++++ Material shown
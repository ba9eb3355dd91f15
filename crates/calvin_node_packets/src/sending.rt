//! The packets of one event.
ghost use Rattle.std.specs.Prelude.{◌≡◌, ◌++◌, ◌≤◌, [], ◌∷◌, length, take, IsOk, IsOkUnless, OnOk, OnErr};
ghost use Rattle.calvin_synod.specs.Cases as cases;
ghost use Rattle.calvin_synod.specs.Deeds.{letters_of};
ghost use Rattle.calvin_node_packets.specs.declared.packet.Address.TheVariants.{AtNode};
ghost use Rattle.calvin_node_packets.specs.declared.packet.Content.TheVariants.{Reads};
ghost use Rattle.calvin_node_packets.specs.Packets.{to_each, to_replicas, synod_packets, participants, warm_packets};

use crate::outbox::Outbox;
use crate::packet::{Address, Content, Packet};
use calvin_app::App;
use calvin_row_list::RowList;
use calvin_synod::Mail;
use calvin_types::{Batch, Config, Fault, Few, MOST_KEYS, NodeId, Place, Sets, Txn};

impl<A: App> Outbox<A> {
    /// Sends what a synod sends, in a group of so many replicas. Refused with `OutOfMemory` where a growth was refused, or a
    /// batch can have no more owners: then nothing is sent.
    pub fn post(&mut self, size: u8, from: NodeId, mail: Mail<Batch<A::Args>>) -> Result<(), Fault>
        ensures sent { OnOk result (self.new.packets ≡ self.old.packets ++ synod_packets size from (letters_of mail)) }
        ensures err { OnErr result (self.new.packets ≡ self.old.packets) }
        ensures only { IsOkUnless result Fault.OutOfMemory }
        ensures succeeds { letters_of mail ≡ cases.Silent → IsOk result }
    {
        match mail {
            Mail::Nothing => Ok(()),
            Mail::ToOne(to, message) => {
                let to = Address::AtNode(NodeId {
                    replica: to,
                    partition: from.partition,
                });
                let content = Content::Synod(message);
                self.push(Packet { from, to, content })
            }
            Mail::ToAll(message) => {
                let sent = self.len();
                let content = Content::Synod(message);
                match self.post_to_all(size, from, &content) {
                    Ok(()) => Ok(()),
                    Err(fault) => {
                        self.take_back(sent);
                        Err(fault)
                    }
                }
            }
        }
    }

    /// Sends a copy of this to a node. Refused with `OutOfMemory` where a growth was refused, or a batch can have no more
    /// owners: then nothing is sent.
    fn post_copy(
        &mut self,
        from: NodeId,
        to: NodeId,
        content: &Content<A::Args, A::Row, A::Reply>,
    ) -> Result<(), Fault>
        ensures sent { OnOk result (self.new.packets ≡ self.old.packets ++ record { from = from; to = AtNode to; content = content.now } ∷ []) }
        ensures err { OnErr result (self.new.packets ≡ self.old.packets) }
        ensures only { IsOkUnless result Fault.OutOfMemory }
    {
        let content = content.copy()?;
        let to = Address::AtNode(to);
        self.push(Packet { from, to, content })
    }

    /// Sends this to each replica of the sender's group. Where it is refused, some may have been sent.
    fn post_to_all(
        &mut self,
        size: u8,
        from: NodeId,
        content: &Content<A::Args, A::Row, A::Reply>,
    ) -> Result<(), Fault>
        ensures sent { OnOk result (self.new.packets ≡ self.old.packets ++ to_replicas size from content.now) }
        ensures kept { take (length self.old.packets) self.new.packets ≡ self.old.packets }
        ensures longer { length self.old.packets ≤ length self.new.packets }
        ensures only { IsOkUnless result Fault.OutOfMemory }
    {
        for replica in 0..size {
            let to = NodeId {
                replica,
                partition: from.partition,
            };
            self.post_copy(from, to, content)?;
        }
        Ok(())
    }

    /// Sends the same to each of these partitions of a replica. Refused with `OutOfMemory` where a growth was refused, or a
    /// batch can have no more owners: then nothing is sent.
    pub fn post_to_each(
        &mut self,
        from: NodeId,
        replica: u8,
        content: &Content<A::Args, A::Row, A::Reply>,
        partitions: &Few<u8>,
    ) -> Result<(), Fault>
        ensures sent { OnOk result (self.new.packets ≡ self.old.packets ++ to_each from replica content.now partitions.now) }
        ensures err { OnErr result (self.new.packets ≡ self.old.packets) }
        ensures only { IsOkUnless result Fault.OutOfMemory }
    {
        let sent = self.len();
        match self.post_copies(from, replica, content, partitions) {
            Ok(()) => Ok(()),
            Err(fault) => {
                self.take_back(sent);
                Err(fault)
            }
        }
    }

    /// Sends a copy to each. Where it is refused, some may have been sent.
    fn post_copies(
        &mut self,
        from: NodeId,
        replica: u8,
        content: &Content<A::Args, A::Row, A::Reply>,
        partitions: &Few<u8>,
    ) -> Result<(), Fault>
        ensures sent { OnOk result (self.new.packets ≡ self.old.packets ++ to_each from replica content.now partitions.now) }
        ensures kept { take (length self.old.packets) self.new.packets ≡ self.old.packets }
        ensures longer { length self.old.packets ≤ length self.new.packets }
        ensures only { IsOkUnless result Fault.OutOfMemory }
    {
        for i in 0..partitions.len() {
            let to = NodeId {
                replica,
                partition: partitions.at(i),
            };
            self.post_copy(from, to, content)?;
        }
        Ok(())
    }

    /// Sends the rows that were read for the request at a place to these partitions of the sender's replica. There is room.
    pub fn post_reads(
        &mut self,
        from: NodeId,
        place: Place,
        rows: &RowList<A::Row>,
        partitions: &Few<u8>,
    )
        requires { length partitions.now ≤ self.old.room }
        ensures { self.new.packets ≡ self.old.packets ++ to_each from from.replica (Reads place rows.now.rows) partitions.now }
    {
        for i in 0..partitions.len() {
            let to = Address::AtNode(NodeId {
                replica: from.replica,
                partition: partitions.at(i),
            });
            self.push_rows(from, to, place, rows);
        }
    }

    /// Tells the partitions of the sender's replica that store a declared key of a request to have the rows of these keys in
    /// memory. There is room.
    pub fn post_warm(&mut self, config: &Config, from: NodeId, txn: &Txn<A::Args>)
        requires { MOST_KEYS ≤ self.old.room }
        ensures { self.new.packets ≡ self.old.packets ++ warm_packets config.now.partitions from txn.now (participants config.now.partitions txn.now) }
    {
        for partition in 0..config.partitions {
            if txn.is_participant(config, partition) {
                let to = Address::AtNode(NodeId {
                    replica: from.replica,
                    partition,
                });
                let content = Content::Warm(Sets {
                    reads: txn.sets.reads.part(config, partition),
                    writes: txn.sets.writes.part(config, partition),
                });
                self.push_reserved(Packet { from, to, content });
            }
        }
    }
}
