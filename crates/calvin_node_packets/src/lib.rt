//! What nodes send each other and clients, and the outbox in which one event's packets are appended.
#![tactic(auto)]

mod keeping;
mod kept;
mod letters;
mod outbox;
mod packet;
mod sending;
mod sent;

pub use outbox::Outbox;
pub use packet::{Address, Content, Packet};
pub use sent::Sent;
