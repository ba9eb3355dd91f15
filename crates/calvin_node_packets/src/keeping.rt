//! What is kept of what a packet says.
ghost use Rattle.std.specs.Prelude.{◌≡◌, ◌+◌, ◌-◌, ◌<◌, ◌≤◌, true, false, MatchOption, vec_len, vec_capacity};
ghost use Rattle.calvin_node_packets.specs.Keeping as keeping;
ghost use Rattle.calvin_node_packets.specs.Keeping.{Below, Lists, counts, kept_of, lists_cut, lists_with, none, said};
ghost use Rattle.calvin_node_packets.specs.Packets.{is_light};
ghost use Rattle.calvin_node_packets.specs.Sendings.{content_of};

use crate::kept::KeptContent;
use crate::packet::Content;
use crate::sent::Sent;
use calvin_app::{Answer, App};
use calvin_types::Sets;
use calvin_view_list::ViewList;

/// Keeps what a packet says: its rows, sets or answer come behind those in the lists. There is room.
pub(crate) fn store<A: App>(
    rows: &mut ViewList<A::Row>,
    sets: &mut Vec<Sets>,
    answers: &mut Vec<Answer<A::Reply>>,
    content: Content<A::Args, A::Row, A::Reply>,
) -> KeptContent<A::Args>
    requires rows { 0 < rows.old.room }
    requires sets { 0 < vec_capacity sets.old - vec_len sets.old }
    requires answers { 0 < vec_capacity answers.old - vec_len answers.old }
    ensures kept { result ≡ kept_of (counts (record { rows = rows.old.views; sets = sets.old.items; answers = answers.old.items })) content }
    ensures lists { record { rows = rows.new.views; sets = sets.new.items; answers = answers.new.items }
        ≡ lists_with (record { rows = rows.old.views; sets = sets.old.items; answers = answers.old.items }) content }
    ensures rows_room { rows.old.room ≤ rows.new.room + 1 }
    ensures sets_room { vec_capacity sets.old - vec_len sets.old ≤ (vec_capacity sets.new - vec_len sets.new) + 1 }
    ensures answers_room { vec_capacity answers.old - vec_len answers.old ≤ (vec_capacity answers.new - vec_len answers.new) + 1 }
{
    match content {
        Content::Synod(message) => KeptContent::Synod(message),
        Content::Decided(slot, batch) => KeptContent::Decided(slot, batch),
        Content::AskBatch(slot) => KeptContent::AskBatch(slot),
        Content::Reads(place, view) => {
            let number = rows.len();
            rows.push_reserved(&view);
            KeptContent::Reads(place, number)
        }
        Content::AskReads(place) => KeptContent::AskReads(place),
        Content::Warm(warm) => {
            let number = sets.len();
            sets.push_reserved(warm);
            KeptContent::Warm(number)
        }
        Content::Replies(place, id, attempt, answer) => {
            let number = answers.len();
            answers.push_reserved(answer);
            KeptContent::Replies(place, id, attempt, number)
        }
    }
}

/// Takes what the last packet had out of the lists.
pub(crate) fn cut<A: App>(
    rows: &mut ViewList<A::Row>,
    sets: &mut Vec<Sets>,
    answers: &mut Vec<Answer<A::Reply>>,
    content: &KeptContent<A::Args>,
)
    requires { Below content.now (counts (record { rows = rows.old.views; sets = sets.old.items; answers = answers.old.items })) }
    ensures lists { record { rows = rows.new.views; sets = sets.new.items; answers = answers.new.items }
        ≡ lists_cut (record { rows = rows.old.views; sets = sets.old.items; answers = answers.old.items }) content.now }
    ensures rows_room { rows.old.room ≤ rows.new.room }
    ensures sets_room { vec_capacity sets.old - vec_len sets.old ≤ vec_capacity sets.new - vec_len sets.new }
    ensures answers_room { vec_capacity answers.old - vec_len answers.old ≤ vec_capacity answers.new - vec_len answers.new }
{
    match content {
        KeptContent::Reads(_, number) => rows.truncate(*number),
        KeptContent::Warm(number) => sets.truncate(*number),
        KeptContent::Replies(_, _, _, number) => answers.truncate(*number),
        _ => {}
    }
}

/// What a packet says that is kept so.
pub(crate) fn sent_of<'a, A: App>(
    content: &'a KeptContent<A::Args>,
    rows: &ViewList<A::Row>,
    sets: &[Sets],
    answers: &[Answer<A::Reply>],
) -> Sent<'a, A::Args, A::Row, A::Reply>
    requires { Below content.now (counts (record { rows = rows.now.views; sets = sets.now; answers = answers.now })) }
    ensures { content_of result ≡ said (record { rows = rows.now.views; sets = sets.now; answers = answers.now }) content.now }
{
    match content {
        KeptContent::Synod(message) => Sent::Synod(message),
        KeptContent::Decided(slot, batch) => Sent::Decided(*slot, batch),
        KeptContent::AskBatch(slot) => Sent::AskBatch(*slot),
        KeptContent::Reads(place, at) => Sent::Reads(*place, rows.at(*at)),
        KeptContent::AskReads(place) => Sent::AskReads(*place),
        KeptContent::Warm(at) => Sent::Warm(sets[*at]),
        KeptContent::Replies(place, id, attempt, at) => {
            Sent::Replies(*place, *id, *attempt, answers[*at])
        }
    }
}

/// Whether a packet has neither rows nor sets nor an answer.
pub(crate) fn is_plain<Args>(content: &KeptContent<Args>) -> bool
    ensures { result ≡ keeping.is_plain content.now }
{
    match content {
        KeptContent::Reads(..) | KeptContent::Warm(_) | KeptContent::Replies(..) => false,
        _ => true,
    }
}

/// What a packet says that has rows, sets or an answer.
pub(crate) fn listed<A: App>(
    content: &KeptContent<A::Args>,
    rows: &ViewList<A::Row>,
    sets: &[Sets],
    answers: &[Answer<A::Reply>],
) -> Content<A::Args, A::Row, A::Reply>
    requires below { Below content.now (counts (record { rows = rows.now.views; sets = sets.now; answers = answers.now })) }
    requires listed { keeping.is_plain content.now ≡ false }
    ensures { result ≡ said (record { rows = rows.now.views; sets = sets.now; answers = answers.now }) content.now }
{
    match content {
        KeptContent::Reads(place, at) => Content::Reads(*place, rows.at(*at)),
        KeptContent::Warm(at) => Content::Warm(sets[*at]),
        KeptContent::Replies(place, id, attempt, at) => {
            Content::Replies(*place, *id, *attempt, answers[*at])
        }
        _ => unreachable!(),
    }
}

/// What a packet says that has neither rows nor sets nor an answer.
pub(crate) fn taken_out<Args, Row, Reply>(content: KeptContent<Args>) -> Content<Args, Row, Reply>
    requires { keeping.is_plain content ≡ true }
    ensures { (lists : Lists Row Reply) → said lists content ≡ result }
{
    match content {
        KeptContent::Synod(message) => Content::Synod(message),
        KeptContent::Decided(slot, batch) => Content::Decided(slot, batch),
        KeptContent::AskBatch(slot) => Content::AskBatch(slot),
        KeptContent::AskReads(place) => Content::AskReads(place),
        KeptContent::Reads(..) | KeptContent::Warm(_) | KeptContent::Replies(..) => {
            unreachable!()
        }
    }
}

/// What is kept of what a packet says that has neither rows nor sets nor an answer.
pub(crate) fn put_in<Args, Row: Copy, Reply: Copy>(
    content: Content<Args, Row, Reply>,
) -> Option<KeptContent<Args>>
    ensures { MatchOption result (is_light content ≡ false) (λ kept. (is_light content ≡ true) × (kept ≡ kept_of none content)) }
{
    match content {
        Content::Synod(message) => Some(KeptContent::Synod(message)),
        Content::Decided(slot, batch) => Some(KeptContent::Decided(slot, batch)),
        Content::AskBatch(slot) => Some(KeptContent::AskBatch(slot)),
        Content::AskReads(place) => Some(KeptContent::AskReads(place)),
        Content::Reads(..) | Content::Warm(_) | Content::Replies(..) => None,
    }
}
++++++++
Copy range, inclusive: the line holding "use calvin_view_list::ViewList;" to the line holding "< vec_capacity answers.old". Reproduce exactly those lines of the records above and no others.

use calvin_view_list::ViewList;

/// Keeps what a packet says: its rows, sets or answer come behind those in the lists. There is room.
pub(crate) fn store<A: App>(
    rows: &mut ViewList<A::Row>,
    sets: &mut Vec<Sets>,
    answers: &mut Vec<Answer<A::Reply>>,
    content: Content<A::Args, A::Row, A::Reply>,
) -> KeptContent<A::Args>
    requires rows { 0 < rows.old.room }
    requires sets { 0 < vec_capacity sets.old - vec_len sets.old }
    requires answers { 0 < vec_capacity answers.old - vec_len answers.old }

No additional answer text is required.